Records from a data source
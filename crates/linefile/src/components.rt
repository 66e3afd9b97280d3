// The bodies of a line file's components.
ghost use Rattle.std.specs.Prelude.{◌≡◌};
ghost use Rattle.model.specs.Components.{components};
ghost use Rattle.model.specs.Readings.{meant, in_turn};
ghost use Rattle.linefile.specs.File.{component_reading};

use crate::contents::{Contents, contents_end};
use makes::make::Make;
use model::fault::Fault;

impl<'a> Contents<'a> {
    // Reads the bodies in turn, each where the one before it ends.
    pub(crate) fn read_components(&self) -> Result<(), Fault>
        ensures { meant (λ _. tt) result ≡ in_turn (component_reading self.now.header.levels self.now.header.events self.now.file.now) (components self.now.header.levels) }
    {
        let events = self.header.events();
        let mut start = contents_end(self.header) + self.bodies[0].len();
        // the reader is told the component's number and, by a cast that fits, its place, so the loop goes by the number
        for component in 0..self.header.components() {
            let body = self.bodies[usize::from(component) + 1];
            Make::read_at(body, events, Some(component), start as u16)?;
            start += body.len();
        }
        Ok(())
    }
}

TRY IT = Repeat every entry exactly. Nothing may be dropped.

RESPONSE TO THE TASK =
filename crates/linefile/src/components.rt
repository 66e3afd9b97280d3
// The bodies of a line file's components.
ghost use Rattle.std.specs.Prelude.{◌≡◌};
ghost use Rattle.model.specs.Components.{components};
ghost use Rattle.model.specs.Readings.{meant, in_turn};
ghost use Rattle.linefile.specs.File.{component_reading};

use crate::contents::{Contents, contents_end};
use makes::make::Make;
use model::fault::Fault;

impl<'a> Contents<'a> {
    // Reads the bodies in turn, each where the one before it ends.
    pub(crate) fn read_components(&self) -> Result<(), Fault>
        ensures { meant (λ _. tt) result ≡ in_turn (component_reading self.now.header.levels self.now.header.events self.now.file.now) (components self.now.header.levels) }
    {
        let events = self.header.events();
        let mut start = contents_end(self.header) + self.bodies[0].len();
        // the reader is told the component's number and, by a cast that fits, its place, so the loop goes by the number
        for component in 0..self.header.components() {
            let body = self.bodies[usize::from(component) + 1];
            Make::read_at(body, events, Some(component), start as u16)?;
            start += body.len();
        }
        Ok(())
    }
}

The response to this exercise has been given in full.